I call today's entry: "99 ways to Hack Ashleigh Off."
Okay, it's always been this sort of unwritten law that you don't act for another actor. You don't give your 2 cents, you don't meddle, you don't critcize another actor's performance. You just don't. It's okay to give constructive criticism if it is sought after, but don't try and make an actor make different character choices just because you think it is right. Pushing your opinions on another actor's character interferes w/ what both the actor and the director are trying to develop. And, it really hacks Ashleigh off. So, yesterday after rehearsal, somebody (who will remain nameless) comes up to me and says, "You're playing you're prostitute way too modern; you need a more respectable air." Okay, first of all, has this person been paying attention to what Dr.
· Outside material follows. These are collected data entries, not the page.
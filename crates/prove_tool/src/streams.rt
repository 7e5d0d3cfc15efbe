// What is written unit by unit.
ghost use Rattle.std.specs.Prelude.{◌≡◌, ◌<◌, ◌≤◌, ◌&&◌, ℕ, Bool, true, List, IfErr, IfOk, IsSome, OnErr, OnOk};
ghost use Rattle.vb_outer.specs.Sink.{Appends};
ghost use Rattle.unit_proof.specs.Shown.{NeverFails};
ghost use Rattle.tool_common.specs.Ends.{FrontWritten};
ghost use Rattle.prove_tool.specs.Parts.{IsSound, StopsAtSink, subject_of};
ghost use Rattle.prove_tool.specs.Subject.{UnitFails, count_of};
ghost use Rattle.prove_tool.specs.Written.{AreConditionsOf, AreFirst, AreFound, IsFound};

use crate::searching::Search;
use crate::status::ProveStatus;
use crate::subject::Subject;
use boogie_formula_text::print_conditions;
use std::alloc::Global;
use unit_proof::{Offer, UnitVerdict, verdict};
use vb_base::Memory;
use vb_outer::{Sink, write_all};

/// The certificate that a search finds of the unit of this number, if it is accepted.
fn certificate(
    alloc: Global,
    program: &Subject,
    unit: usize,
    search: Search,
) -> Result<Option<Vec<u8>>, Memory>
    requires sound { IsSound (subject_of program.now) }
    requires exists { unit < count_of (subject_of program.now) }
    ensures { IfOk result (λ found. IsSome found → NeverFails (UnitFails (subject_of program.now)) unit) }
{
    let of = program.conditions(alloc, unit)?;
    let Offer::Certificate(text) = search.offer(alloc, &of)? else {
        return Ok(None);
    };
    match verdict(alloc, &of, &text)? {
        UnitVerdict::Proved => Ok(Some(text)),
        UnitVerdict::Uncertified(_) | UnitVerdict::Refused(_, _) => Ok(None),
    }
}

/// Writes the certificate that a search finds of the unit of this number, if it is accepted, and answers whether it is.
fn write_certificate<O: Sink>(
    alloc: Global,
    program: &Subject,
    unit: usize,
    search: Search,
    out: &mut O,
) -> Result<bool, ProveStatus>
    requires sound { IsSound (subject_of program.now) }
    requires exists { unit < count_of (subject_of program.now) }
    ensures whole { IfOk result (λ found. (text : List ℕ) × IsFound (subject_of program.now) unit found text
        × Appends (O.written out.old) (O.written out.new) text) }
    ensures front { OnErr result (FrontWritten (O.written out.old) (O.written out.new) (IsFound (subject_of program.now) unit true)) }
    ensures stops { IfErr result (StopsAtSink (O.faults out.old) (O.faults out.new)) }
    ensures later { O.faults out.old ≤ O.faults out.new }
{
    match certificate(alloc, program, unit, search) {
        Ok(Some(text)) => match write_all(out, &text) {
            Ok(()) => Ok(true),
            Err(_) => Err(ProveStatus::WriteFault),
        },
        Ok(None) => Ok(false),
        Err(_) => Err(ProveStatus::NoMemory),
    }
}

fn both(first: bool, second: bool) -> bool
    ensures { result ≡ (first && second) }
{
    first && second
}

/// Writes the certificates that a search finds, each once it is accepted, and answers whether one is of each unit. Of a unit that is
/// left open nothing is written.
pub fn write_certificates<O: Sink>(
    alloc: Global,
    program: &Subject,
    search: Search,
    out: &mut O,
) -> Result<bool, ProveStatus>
    requires { IsSound (subject_of program.now) }
    ensures whole { IfOk result (λ all. (text : List ℕ) × AreFound (subject_of program.now) (count_of (subject_of program.now)) all text
        × Appends (O.written out.old) (O.written out.new) text) }
    ensures front { OnErr result (FrontWritten (O.written out.old) (O.written out.new)
        (λ text. (n : ℕ) × (all : Bool) × AreFound (subject_of program.now) n all text)) }
    ensures stops { IfErr result (StopsAtSink (O.faults out.old) (O.faults out.new)) }
    ensures later { O.faults out.old ≤ O.faults out.new }
{
    let mut all = true;
    for unit in 0..program.count() {
        match write_certificate(alloc, program, unit, search, out) {
            Ok(found) => all = both(all, found),
            Err(status) => return Err(status),
        }
    }
    Ok(all)
}

/// The text of the conditions of the unit of this number.
fn conditions_text(alloc: Global, program: &Subject, unit: usize) -> Result<Vec<u8>, Memory>
    requires sound { IsSound (subject_of program.now) }
    requires exists { unit < count_of (subject_of program.now) }
    ensures { IfOk result (λ text. AreConditionsOf (subject_of program.now) unit text.items) }
{
    let of = program.conditions(alloc, unit)?;
    print_conditions(alloc, &of.name, &of.conditions)
}

/// Writes the conditions of the unit of this number.
fn write_unit<O: Sink>(
    alloc: Global,
    program: &Subject,
    unit: usize,
    out: &mut O,
) -> Result<(), ProveStatus>
    requires sound { IsSound (subject_of program.now) }
    requires exists { unit < count_of (subject_of program.now) }
    ensures whole { OnOk result ((text : List ℕ) × AreConditionsOf (subject_of program.now) unit text × Appends (O.written out.old) (O.written out.new) text) }
    ensures front { OnErr result (FrontWritten (O.written out.old) (O.written out.new) (AreConditionsOf (subject_of program.now) unit)) }
    ensures stops { IfErr result (StopsAtSink (O.faults out.old) (O.faults out.new)) }
    ensures later { O.faults out.old ≤ O.faults out.new }
{
    match conditions_text(alloc, program, unit) {
        Ok(text) => match write_all(out, &text) {
            Ok(()) => Ok(()),
            Err(_) => Err(ProveStatus::WriteFault),
        },
        Err(_) => Err(ProveStatus::NoMemory),
    }
}

/// Writes the conditions of all units, one behind the other.
pub fn write_conditions<O: Sink>(
    alloc: Global,
    program: &Subject,
    out: &mut O,
) -> Result<(), ProveStatus>
    requires { IsSound (subject_of program.now) }
    ensures whole { OnOk result ((text : List ℕ) × AreFirst (subject_of program.now) (count_of (subject_of program.now)) text
        × Appends (O.written out.old) (O.written out.new) text) }
    ensures front { OnErr result (FrontWritten (O.written out.old) (O.written out.new) (λ text. (n : ℕ) × AreFirst (subject_of program.now) n text)) }
    ensures stops { IfErr result (StopsAtSink (O.faults out.old) (O.faults out.new)) }
    ensures later { O.faults out.old ≤ O.faults out.new }
{
    for unit in 0..program.count() {
        match write_unit(alloc, program, unit, out) {
            Ok(()) => {}
            Err(status) => return Err(status),
        }
    }
    Ok(())
}

/// The text of what a search finds of the labels of the unit of this number.
fn values_text(
    alloc: Global,
    program: &Subject,
    unit: usize,
    search: Search,
) -> Result<Vec<u8>, Memory>
    requires sound { IsSound (subject_of program.now) }
    requires exists { unit < count_of (subject_of program.now) }
{
    let of = program.conditions(alloc, unit)?;
    search.values(alloc, &of)
}

/// Writes what a search finds of the labels of the unit of this number.
fn write_labels<O: Sink>(
    alloc: Global,
    program: &Subject,
    unit: usize,
    search: Search,
    out: &mut O,
) -> Result<(), ProveStatus>
    requires sound { IsSound (subject_of program.now) }
    requires exists { unit < count_of (subject_of program.now) }
    ensures written { (text : List ℕ) × Appends (O.written out.old) (O.written out.new) text }
    ensures stops { IfErr result (StopsAtSink (O.faults out.old) (O.faults out.new)) }
    ensures later { O.faults out.old ≤ O.faults out.new }
{
    match values_text(alloc, program, unit, search) {
        Ok(text) => match write_all(out, &text) {
            Ok(()) => Ok(()),
            Err(_) => Err(ProveStatus::WriteFault),
        },
        Err(_) => Err(ProveStatus::NoMemory),
    }
}

/// Writes what a search finds of the labels of all units, one unit behind the other.
pub fn write_values<O: Sink>(
    alloc: Global,
    program: &Subject,
    search: Search,
    out: &mut O,
) -> Result<(), ProveStatus>
    requires { IsSound (subject_of program.now) }
    ensures written { (text : List ℕ) × Appends (O.written out.old) (O.written out.new) text }
    ensures stops { IfErr result (StopsAtSink (O.faults out.old) (O.faults out.new)) }
    ensures later { O.faults out.old ≤ O.faults out.new }
{
    for unit in 0..program.count() {
        match write_labels(alloc, program, unit, search, out) {
            Ok(()) => {}
            Err(status) => return Err(status),
        }
    }
    Ok(())
}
Neilson said about concept? Our hookers are like '80s Go-Go dancers! That makes them kinda modern! And as far as the "respectable air" thing goes, I'm a FREAKIN' PROSTITUTE! How is that supposed to be respectable? I'm not playing Holly Golightly for cryin' out loud.
Moving on, the Yankees lost last night. Rats.
And finally, the thing that capped it all. Let me start by explaining my relationship with Steve, the boss-guy in Production (Pro) Lab. He's never liked me. He always looks at me like, "okay, stupid-actor girl, can you actually do anything useful in here?" He thinks I'm completely incompetent, and can't tell a srew-gun from a hack saw. Anyway. Today during Pro Lab, I'm gathering up leftover pieces of scrap wood, and happen to be standing near this huge foam-stucco falt for the show. Steve comes over to me and says, "where did that hole come from?" Apparently there is a whole in the flat. I have no clue, so I say, "I have no clue." And he gives me that look that says, "I think you did it, but I'm not going to say I think you did it." He then proceeds to make this big to-do about the whole thing, and tells me to go home. Whatever. He is really making me perturbed.
WTF of the day:
You know that Math in Society test that I took last week? The really heinous, gut wrenchingly put-me-in-a-come-even-thinking-about-it one? Yeah, I made an 82 on it. WTF?!?!